Stored items:

☆ ☆ ☆

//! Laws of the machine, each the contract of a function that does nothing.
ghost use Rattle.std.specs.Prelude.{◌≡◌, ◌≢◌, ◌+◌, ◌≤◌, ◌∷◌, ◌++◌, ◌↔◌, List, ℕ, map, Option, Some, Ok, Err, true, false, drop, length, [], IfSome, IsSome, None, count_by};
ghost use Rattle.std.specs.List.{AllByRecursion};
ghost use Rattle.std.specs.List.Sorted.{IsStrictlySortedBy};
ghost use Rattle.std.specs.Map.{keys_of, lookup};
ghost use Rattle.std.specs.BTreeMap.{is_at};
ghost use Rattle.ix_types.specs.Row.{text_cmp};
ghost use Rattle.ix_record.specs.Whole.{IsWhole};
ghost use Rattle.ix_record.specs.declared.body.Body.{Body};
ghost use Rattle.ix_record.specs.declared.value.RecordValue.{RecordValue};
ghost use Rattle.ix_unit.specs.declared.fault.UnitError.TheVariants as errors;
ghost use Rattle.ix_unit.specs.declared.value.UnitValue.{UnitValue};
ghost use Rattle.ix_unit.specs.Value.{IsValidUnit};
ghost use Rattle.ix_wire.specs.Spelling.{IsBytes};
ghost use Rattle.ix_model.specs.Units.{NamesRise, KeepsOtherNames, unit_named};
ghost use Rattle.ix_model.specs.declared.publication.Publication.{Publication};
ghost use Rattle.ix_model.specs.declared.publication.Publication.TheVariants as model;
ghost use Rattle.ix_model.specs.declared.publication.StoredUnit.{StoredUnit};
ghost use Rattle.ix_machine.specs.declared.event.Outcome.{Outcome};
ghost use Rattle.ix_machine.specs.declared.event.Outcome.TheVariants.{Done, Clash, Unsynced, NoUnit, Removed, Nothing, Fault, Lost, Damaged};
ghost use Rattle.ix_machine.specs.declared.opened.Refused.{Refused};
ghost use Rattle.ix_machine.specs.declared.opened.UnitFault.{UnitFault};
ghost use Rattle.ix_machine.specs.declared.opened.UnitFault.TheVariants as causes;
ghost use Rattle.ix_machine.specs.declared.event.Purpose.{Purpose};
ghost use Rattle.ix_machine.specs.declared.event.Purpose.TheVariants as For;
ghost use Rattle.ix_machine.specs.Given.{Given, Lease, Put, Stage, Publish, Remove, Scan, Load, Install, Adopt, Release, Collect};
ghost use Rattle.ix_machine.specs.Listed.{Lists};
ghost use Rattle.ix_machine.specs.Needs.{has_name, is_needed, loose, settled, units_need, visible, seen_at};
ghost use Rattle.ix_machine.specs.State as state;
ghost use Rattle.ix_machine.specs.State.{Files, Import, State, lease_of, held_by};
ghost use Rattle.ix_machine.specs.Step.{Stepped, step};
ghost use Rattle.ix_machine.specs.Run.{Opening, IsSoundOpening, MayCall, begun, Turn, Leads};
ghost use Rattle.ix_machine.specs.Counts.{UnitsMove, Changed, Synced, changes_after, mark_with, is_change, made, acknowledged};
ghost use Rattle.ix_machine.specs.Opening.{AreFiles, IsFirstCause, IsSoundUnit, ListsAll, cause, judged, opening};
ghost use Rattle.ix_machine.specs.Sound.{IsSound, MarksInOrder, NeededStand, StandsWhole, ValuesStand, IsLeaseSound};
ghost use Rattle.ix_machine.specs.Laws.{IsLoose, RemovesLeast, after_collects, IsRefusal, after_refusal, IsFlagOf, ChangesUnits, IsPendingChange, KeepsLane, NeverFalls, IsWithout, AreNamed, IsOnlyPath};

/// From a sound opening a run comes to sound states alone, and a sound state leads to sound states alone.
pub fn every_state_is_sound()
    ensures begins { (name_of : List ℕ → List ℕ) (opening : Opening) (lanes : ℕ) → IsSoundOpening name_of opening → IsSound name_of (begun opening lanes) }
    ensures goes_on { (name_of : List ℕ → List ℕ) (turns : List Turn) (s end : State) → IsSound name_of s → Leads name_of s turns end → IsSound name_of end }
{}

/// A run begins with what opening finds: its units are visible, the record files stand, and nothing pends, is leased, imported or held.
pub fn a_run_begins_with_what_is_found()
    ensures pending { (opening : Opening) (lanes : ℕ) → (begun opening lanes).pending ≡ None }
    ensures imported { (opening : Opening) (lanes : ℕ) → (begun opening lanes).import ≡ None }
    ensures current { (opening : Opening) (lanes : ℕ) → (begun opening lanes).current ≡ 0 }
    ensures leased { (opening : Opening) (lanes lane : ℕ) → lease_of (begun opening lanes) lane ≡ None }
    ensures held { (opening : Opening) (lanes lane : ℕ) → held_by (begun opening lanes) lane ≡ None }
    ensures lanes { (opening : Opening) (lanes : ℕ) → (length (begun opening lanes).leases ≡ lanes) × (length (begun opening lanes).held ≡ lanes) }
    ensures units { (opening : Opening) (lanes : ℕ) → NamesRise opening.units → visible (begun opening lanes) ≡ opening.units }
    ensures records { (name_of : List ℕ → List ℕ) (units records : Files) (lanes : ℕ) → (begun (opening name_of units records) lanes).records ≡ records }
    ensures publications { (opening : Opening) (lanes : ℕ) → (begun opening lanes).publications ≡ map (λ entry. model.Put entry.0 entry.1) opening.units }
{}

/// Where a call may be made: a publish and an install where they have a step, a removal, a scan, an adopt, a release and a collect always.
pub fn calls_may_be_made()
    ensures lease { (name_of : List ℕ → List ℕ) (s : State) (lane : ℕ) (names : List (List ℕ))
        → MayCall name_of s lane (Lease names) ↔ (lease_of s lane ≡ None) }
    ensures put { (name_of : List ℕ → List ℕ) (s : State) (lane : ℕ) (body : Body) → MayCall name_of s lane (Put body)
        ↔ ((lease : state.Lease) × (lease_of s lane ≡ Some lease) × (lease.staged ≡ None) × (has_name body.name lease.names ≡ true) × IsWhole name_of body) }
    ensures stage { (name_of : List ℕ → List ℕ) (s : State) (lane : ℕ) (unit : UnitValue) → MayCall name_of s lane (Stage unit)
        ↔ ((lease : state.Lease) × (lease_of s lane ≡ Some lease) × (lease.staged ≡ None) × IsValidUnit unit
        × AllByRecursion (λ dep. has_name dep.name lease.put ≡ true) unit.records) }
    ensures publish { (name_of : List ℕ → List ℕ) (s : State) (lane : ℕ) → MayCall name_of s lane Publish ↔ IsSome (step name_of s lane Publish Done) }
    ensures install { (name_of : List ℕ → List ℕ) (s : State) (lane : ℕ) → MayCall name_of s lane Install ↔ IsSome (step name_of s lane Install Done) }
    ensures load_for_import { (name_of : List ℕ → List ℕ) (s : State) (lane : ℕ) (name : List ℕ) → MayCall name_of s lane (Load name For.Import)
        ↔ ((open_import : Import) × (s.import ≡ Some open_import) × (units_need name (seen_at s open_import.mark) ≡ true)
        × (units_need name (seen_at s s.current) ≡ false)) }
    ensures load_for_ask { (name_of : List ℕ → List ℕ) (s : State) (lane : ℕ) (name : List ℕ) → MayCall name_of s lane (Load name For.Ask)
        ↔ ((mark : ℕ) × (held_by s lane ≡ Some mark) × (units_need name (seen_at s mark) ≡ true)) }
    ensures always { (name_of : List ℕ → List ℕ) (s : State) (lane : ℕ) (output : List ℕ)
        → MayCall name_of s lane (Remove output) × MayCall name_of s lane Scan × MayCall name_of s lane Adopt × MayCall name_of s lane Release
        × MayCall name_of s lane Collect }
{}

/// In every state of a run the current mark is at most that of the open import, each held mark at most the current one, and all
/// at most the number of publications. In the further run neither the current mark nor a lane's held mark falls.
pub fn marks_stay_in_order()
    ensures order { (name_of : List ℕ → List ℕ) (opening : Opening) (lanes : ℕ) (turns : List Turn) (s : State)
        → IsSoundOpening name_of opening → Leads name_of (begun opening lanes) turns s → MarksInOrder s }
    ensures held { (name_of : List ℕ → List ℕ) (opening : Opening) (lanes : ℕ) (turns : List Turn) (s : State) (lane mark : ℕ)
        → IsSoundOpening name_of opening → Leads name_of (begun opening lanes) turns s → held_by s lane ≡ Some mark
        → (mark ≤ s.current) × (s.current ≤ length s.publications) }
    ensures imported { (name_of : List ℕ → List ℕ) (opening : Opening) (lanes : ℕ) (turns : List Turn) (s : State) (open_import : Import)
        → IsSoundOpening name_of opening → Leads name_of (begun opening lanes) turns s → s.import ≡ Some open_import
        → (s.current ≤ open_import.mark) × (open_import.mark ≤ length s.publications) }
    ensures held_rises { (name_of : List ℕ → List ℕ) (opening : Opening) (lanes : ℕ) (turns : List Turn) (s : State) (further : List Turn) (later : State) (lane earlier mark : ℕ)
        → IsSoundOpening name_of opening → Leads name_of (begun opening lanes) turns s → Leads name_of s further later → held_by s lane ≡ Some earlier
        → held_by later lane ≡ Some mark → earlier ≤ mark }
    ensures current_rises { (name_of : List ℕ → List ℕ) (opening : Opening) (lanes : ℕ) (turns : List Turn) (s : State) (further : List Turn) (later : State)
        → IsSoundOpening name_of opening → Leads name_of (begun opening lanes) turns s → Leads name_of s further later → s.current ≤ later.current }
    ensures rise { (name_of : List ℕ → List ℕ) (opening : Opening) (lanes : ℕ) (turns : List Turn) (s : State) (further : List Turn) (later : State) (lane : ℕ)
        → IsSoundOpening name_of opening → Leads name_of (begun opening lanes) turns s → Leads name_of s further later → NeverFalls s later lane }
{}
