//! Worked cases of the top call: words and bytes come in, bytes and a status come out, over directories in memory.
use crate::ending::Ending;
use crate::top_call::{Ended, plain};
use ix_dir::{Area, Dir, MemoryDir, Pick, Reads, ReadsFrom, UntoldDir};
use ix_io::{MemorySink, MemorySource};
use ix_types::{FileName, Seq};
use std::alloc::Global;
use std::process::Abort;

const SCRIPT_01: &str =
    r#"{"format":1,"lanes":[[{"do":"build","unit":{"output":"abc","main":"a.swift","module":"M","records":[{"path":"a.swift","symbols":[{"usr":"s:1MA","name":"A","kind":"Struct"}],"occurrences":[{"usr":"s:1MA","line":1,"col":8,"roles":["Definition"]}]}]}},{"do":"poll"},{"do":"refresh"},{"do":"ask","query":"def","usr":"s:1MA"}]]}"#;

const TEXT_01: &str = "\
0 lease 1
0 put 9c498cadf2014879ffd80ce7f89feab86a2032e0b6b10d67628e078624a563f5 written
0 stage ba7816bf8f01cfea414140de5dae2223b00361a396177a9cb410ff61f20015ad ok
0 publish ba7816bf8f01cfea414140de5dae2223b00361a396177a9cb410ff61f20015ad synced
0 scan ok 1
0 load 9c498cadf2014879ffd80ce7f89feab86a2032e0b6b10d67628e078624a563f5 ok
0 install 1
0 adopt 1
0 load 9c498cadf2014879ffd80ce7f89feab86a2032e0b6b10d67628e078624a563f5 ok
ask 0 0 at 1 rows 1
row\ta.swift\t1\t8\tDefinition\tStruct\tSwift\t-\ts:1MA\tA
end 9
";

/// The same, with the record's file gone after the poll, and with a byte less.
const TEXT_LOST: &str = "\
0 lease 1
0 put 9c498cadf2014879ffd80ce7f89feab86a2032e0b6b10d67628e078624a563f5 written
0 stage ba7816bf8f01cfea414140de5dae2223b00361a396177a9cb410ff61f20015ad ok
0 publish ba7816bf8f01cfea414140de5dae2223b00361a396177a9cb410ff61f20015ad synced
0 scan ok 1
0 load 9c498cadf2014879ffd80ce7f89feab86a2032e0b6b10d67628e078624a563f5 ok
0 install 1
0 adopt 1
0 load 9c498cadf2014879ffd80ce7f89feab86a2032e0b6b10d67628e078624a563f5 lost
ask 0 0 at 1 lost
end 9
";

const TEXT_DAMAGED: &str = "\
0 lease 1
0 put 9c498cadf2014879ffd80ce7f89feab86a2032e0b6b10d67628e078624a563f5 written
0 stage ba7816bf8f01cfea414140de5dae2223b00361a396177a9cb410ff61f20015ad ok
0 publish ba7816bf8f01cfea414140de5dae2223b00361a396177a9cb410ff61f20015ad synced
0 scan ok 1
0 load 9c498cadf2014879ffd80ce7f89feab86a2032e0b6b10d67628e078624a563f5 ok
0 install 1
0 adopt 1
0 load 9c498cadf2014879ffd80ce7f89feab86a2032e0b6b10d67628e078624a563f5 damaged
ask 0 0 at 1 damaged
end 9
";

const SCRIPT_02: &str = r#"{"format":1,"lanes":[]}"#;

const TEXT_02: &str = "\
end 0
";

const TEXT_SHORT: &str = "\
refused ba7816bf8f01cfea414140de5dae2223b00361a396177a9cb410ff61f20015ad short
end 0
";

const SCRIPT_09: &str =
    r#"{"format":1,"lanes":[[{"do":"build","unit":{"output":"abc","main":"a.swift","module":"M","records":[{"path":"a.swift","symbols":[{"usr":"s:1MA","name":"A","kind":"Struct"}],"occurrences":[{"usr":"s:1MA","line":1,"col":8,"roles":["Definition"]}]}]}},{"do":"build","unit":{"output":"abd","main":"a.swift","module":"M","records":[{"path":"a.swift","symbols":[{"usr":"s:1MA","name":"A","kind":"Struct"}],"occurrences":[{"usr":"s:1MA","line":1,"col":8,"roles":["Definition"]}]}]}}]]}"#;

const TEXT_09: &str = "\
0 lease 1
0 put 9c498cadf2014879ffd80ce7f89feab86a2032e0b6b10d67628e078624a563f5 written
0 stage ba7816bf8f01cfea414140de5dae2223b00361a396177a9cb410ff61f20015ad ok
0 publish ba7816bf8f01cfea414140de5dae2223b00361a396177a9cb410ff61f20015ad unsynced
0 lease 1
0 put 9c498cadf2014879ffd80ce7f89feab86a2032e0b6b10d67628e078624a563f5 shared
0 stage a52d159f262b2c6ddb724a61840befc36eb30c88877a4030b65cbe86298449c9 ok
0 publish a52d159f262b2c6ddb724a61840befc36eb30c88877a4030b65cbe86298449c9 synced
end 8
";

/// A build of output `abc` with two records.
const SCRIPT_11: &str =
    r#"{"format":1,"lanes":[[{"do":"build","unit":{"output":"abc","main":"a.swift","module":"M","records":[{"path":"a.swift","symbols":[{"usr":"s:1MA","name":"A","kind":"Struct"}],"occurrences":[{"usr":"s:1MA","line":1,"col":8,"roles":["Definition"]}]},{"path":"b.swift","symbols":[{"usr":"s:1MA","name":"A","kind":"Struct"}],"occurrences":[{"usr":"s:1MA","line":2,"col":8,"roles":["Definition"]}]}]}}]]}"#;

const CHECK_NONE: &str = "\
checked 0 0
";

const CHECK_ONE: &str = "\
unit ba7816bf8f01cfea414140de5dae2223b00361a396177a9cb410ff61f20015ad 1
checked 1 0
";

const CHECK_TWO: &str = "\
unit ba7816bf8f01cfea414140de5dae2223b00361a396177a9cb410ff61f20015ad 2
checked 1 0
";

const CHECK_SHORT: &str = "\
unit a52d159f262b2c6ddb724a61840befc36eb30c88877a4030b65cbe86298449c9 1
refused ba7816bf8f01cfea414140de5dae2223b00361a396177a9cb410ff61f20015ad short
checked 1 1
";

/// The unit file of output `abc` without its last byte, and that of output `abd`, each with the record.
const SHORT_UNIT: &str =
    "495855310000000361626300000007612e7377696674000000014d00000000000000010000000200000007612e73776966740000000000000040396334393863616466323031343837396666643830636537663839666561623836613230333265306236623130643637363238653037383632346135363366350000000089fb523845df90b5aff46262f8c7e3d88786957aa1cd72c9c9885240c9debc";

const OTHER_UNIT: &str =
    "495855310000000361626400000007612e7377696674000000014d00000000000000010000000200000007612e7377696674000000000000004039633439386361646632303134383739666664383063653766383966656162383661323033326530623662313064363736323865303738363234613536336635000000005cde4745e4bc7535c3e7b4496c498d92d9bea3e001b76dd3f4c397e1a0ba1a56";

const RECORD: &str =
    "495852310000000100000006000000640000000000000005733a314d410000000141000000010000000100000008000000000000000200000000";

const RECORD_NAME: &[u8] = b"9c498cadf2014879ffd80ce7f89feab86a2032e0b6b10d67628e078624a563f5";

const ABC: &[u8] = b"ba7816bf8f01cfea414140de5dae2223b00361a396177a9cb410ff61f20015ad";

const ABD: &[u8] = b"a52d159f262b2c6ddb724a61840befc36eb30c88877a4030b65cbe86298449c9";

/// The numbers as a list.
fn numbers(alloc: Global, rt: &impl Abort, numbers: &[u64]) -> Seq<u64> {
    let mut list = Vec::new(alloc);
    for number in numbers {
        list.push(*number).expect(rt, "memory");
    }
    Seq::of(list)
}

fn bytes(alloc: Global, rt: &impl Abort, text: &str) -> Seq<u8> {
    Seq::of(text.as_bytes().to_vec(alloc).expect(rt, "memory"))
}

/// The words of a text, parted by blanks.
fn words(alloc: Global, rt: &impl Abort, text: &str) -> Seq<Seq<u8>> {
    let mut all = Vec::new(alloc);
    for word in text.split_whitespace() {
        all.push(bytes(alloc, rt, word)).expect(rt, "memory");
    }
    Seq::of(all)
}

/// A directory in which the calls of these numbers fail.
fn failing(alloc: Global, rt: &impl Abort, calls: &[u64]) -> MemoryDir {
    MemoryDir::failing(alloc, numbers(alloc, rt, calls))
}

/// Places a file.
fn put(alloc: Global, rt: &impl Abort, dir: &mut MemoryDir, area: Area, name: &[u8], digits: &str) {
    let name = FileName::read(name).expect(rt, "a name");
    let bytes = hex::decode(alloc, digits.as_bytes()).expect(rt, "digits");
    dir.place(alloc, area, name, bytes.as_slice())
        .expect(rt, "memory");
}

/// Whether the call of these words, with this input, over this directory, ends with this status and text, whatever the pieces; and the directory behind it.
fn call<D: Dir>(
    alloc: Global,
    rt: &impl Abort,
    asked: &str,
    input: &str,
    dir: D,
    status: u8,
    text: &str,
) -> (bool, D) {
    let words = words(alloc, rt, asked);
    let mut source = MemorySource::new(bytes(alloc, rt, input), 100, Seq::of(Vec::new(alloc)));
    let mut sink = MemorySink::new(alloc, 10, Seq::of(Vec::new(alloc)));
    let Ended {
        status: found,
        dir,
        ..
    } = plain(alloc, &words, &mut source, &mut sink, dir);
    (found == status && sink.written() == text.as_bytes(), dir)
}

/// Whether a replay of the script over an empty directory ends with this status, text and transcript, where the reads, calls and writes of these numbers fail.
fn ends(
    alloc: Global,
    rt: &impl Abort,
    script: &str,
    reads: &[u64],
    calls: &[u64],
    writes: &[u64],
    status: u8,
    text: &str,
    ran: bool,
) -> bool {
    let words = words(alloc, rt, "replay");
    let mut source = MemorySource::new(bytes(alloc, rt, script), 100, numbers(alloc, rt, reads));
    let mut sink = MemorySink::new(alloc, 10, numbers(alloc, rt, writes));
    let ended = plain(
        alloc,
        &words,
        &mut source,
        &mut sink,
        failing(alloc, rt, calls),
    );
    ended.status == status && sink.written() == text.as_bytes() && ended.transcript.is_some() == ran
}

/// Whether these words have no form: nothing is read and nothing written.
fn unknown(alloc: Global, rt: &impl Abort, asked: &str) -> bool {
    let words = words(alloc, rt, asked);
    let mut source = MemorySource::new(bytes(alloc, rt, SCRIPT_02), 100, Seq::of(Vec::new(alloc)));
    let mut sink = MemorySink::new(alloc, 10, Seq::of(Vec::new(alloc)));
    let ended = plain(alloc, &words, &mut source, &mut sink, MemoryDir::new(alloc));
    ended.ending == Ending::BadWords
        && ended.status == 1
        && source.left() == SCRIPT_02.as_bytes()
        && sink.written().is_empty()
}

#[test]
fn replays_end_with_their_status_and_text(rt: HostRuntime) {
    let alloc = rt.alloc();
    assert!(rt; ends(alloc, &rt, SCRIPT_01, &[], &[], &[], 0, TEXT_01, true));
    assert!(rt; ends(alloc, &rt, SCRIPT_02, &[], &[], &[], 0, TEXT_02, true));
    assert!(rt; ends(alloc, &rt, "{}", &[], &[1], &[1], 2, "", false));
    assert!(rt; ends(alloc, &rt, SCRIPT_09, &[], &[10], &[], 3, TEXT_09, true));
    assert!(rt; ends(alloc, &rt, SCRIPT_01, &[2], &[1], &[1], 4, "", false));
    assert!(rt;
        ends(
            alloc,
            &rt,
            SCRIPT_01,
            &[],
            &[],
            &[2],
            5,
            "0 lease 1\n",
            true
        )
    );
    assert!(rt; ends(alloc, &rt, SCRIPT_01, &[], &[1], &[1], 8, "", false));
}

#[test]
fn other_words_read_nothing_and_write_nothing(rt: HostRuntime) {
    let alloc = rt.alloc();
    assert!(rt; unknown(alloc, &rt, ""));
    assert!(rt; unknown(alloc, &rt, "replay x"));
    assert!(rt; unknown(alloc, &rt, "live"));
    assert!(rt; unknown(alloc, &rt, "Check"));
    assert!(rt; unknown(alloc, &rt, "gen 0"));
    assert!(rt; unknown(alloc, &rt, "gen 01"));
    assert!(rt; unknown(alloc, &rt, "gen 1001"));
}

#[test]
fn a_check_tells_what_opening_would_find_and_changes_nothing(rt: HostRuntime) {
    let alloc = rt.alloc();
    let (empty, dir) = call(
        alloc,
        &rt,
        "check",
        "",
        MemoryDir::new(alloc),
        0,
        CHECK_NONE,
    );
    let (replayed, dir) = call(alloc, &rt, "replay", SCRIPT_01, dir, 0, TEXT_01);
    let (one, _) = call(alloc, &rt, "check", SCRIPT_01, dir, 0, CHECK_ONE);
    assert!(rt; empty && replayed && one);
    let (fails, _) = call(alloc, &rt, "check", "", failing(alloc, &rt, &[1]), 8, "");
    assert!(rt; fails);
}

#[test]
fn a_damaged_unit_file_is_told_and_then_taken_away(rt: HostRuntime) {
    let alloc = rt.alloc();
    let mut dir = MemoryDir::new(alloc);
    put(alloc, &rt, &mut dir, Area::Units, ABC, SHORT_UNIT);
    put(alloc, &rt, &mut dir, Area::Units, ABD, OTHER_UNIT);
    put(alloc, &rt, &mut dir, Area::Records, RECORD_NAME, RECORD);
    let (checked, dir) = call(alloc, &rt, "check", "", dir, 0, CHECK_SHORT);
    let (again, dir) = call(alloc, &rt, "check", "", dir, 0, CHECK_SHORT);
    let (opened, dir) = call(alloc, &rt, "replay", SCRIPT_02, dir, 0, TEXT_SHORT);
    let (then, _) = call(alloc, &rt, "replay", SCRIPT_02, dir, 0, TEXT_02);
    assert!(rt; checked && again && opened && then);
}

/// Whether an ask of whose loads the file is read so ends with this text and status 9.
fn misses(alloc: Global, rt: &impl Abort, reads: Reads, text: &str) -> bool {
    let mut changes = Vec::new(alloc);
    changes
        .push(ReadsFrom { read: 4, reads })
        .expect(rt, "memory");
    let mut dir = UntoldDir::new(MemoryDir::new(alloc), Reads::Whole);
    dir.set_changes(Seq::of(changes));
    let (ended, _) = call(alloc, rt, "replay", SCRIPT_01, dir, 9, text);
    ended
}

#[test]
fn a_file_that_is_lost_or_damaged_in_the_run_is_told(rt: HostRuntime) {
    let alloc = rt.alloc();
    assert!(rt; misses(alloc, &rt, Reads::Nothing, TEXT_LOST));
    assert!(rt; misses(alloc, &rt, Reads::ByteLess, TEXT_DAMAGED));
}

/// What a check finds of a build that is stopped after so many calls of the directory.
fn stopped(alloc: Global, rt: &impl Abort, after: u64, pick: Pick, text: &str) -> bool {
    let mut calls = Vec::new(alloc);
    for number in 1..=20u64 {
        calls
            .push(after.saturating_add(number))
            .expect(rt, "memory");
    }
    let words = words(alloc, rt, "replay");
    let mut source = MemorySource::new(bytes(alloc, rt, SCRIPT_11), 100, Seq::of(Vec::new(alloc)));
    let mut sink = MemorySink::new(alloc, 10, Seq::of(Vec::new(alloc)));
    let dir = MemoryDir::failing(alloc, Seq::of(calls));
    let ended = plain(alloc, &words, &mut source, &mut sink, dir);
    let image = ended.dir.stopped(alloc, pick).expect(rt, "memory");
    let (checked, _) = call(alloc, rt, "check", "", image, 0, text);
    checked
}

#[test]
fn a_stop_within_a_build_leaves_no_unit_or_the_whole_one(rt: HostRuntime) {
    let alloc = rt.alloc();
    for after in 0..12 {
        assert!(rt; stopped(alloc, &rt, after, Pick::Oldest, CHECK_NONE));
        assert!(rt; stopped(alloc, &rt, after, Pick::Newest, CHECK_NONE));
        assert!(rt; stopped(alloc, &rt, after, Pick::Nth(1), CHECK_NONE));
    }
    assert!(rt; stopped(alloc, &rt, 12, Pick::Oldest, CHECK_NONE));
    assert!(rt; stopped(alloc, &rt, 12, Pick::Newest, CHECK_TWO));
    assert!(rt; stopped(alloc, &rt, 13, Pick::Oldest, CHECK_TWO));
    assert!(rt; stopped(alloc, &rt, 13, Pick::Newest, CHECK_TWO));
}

☆ ☆ ☆

BRIEF
No line before the one with "after, Pick::Nth(1), CHECK_NONE));" belongs in the answer; copy that line and the rest of the records exactly.

REPLY
        assert!(rt; stopped(alloc, &rt, after, Pick::Nth(1), CHECK_NONE));
    }
    assert!(rt; stopped(alloc, &rt, 12, Pick::Oldest, CHECK_NONE));
    assert!(rt; stopped(alloc, &rt, 12, Pick::Newest, CHECK_TWO));
    assert!(rt; stopped(alloc, &rt, 13, Pick::Oldest, CHECK_TWO));
    assert!(rt; stopped(alloc, &rt, 13, Pick::Newest, CHECK_TWO));
}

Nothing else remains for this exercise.